-- What is being asked --
Using the listing below, please gather every line containing the word "most".

-- Extracted information --
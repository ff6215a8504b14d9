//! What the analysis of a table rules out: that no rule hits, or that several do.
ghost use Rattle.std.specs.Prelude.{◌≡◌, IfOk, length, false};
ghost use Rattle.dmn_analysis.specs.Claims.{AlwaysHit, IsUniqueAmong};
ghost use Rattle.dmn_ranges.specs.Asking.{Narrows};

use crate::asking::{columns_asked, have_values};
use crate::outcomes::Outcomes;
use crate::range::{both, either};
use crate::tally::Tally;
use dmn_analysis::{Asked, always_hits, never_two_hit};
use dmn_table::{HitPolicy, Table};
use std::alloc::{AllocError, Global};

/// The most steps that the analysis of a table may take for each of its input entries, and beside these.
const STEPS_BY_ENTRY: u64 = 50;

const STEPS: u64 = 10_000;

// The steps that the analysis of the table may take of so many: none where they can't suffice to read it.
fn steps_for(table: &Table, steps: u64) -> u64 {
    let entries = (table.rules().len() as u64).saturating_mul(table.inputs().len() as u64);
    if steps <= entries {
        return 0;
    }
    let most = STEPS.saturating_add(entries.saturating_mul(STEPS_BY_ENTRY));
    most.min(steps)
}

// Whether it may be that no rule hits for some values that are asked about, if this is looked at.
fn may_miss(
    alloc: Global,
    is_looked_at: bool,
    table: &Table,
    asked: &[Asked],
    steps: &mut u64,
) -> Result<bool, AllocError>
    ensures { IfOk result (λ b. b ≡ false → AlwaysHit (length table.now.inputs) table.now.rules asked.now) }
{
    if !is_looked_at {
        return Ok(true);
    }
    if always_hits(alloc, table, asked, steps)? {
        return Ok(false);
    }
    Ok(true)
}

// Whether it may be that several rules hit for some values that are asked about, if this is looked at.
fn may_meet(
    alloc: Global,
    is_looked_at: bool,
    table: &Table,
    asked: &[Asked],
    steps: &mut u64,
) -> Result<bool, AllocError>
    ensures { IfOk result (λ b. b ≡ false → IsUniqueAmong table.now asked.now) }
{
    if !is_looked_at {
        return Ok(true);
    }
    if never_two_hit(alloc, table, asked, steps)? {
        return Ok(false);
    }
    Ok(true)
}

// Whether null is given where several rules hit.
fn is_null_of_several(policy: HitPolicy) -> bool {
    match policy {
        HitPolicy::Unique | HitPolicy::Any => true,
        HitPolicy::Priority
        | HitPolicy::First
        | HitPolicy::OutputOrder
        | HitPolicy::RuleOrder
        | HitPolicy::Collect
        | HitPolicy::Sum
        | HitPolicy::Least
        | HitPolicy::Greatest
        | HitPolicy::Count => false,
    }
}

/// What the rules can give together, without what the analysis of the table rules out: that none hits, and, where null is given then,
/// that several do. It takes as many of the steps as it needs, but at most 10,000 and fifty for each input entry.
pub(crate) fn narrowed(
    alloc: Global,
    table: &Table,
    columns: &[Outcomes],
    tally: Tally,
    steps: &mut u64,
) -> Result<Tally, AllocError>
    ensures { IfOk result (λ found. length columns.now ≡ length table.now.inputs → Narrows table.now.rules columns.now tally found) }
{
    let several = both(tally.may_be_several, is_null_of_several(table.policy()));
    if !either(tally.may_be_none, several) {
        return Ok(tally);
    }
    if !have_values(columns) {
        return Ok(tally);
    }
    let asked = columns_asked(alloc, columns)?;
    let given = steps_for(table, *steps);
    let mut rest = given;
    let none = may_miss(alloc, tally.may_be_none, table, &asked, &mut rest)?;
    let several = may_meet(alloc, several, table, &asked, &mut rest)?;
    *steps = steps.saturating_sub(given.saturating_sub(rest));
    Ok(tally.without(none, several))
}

* * *

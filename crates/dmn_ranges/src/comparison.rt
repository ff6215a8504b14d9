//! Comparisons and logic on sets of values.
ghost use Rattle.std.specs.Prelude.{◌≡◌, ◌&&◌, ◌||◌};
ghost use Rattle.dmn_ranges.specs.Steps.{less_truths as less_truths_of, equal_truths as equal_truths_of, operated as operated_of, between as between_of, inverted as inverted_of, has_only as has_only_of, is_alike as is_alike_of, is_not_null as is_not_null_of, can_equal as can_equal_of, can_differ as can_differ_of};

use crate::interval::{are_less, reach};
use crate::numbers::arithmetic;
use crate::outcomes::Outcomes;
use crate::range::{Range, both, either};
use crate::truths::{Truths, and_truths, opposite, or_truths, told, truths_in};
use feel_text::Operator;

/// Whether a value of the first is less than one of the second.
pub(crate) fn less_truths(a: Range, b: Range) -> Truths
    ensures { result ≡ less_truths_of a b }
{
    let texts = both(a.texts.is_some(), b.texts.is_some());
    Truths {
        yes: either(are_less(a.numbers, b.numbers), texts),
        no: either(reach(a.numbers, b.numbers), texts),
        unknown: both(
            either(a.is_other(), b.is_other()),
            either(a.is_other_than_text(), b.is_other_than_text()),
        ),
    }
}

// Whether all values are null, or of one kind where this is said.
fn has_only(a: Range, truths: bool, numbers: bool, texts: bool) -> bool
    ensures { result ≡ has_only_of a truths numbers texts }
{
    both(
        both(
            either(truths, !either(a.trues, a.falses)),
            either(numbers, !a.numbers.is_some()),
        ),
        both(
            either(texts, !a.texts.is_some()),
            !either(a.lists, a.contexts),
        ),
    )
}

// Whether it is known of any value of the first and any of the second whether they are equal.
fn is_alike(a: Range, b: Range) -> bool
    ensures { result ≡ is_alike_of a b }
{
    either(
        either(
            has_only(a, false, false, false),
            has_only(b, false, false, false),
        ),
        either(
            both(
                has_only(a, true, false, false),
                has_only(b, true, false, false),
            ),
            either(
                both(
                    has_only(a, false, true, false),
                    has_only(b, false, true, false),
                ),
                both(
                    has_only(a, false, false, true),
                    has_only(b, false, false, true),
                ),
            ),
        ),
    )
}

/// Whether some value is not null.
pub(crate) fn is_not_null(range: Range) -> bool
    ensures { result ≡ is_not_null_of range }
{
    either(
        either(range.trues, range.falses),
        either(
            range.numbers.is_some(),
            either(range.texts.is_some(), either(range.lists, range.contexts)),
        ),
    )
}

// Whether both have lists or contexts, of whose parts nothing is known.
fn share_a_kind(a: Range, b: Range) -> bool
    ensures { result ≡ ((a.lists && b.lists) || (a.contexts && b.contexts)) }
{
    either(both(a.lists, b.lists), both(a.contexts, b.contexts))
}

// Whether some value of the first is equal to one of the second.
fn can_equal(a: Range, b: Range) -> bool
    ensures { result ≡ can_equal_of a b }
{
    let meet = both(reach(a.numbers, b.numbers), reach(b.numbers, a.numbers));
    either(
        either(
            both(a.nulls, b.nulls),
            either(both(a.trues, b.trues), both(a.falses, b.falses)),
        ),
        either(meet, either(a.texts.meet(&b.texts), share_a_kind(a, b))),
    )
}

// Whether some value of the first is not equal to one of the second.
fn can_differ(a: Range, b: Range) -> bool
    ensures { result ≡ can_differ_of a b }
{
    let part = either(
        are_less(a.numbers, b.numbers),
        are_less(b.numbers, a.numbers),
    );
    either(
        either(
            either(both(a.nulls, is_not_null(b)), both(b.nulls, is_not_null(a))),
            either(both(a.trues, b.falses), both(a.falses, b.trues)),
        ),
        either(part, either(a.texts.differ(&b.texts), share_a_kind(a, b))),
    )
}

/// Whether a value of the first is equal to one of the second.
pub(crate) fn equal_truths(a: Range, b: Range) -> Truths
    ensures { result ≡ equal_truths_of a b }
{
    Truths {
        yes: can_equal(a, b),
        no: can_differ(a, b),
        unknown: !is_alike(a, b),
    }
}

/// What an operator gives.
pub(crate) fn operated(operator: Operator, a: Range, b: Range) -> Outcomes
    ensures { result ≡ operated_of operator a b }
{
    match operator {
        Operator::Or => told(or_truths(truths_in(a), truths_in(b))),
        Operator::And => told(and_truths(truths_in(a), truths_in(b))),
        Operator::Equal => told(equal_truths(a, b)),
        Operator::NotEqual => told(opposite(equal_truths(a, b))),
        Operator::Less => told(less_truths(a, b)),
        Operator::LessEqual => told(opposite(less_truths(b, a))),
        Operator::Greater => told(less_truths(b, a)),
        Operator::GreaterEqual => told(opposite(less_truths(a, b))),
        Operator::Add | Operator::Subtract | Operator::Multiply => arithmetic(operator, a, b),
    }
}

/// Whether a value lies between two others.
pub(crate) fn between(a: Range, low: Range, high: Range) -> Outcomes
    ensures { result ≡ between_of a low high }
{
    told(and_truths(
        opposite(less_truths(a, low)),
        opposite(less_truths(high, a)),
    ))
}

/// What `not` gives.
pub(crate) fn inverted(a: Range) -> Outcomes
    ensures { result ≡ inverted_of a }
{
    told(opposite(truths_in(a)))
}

-- Task solution --
/// The most steps that the analysis of a table may take for each of its input entries, and beside these.
    let most = STEPS.saturating_add(entries.saturating_mul(STEPS_BY_ENTRY));
    most.min(steps)
/// that several do. It takes as many of the steps as it needs, but at most 10,000 and fifty for each input entry.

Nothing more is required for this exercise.